• _EXERCISE_: Each record below must be written out again in exactly the same form.

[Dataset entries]
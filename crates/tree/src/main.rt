// The tree of a volume, as a program: the volume on standard input, the text on standard output. The block size is the
// first argument; behind it may stand the program size, the two block numbers and the rule, as the program `list` takes
// them. A refusal is shown as the listing shows one, behind the lines that were given before it.
#![tactic(auto)]

use format::{Geometry, Refusal};
use std::io;
use text::Text;
use text_args::Request;

// "at most 4,096": all that a call takes.
const ALLOWANCE: u32 = 4_096;

// "A refusal prints `refused` and its number".
fn show_refusal(rt: &HostRuntime, r: Refusal) -> io::Result<()> {
    let mut line = [0u8; 32];
    let mut text = Text::new(&mut line);
    text_input::refused(&mut text, r);
    let n = text.len();
    text_print::whole(&mut rt.stdout(), &mut rt.stderr(), &line, n as usize)?;
    Ok(())
}

// Room for a text, and for a volume and a byte more. Functions of their own, so that no proof but their own sees so
// long an array.
fn text_room() -> [u8; 524_288] {
    [0u8; 524_288]
}

fn volume_room() -> [u8; 524_289] {
    [0u8; 524_289]
}

fn show(rt: &HostRuntime, block_size: u32, ask: Request, volume: &[u8]) -> io::Result<()> {
    let g = Geometry {
        block_size,
        prog_size: ask.prog_size,
    };
    let mut text = text_room();
    let tree = tree_walk::lfs_dir_tree(
        g,
        volume,
        ask.numbers.n0,
        ask.numbers.n1,
        ask.rules,
        ALLOWANCE,
        &mut text,
    );
    let length = tree.length as usize;
    if text_print::whole(&mut rt.stdout(), &mut rt.stderr(), &text, length)? {
        if let Err(r) = tree.answer {
            show_refusal(rt, r)?;
        }
    }
    Ok(())
}

fn tree(rt: &HostRuntime, block_size: u32, ask: Request) -> io::Result<()> {
    let mut volume = volume_room();
    let n = text_print::read_full(&mut rt.stdin(), &mut volume)?;
    show(rt, block_size, ask, &volume[..n])
}

// The block size and what the volume is to be read as; nothing where the arguments are not understood.
fn asked(rt: &HostRuntime) -> Option<(u32, Request)> {
    let block_size = text_args::word(rt, 1)?;
    let ask = text_args::asked(rt, 2, true)?;
    Some((block_size, ask))
}

fn main(rt: HostRuntime) -> io::Result<()> {
    match asked(&rt) {
        Some((block_size, ask)) => tree(&rt, block_size, ask),
        None => {
            text_print::usage(
                &mut rt.stderr(),
                b"usage: tree BLOCK_SIZE [PROG_SIZE A B [RULES]], the volume on standard input\n",
            )
        }
    }
}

• _SOLUTION_:
filename crates/tree/src/main.rt
// The tree of a volume, as a program: the volume on standard input, the text on standard output. The block size is the
// first argument; behind it may stand the program size, the two block numbers and the rule, as the program `list` takes
// them. A refusal is shown as the listing shows one, behind the lines that were given before it.
#![tactic(auto)]

use format::{Geometry, Refusal};
use std::io;
use text::Text;
use text_args::Request;

// "at most 4,096": all that a call takes.
const ALLOWANCE: u32 = 4_096;

// "A refusal prints `refused` and its number".
fn show_refusal(rt: &HostRuntime, r: Refusal) -> io::Result<()> {
    let mut line = [0u8; 32];
    let mut text = Text::new(&mut line);
    text_input::refused(&mut text, r);
    let n = text.len();
    text_print::whole(&mut rt.stdout(), &mut rt.stderr(), &line, n as usize)?;
    Ok(())
}

// Room for a text, and for a volume and a byte more. Functions of their own, so that no proof but their own sees so
// long an array.
fn text_room() -> [u8; 524_288] {
    [0u8; 524_288]
}

fn volume_room() -> [u8; 524_289] {
    [0u8; 524_289]
}

fn show(rt: &HostRuntime, block_size: u32, ask: Request, volume: &[u8]) -> io::Result<()> {
    let g = Geometry {
        block_size,
        prog_size: ask.prog_size,
    };
    let mut text = text_room();
    let tree = tree_walk::lfs_dir_tree(
        g,
        volume,
        ask.numbers.n0,
        ask.numbers.n1,
        ask.rules,
        ALLOWANCE,
        &mut text,
    );
    let length = tree.length as usize;
    if text_print::whole(&mut rt.stdout(), &mut rt.stderr(), &text, length)? {
        if let Err(r) = tree.answer {
            show_refusal(rt, r)?;
        }
    }
    Ok(())
}

fn tree(rt: &HostRuntime, block_size: u32, ask: Request) -> io::Result<()> {
    let mut volume = volume_room();
    let n = text_print::read_full(&mut rt.stdin(), &mut volume)?;
    show(rt, block_size, ask, &volume[..n])
}

// The block size and what the volume is to be read as; nothing where the arguments are not understood.
fn asked(rt: &HostRuntime) -> Option<(u32, Request)> {
    let block_size = text_args::word(rt, 1)?;
    let ask = text_args::asked(rt, 2, true)?;
    Some((block_size, ask))
}

fn main(rt: HostRuntime) -> io::Result<()> {
    match asked(&rt) {
        Some((block_size, ask)) => tree(&rt, block_size, ask),
        None => {
            text_print::usage(
                &mut rt.stderr(),
                b"usage: tree BLOCK_SIZE [PROG_SIZE A B [RULES]], the volume on standard input\n",
            )
        }
    }
}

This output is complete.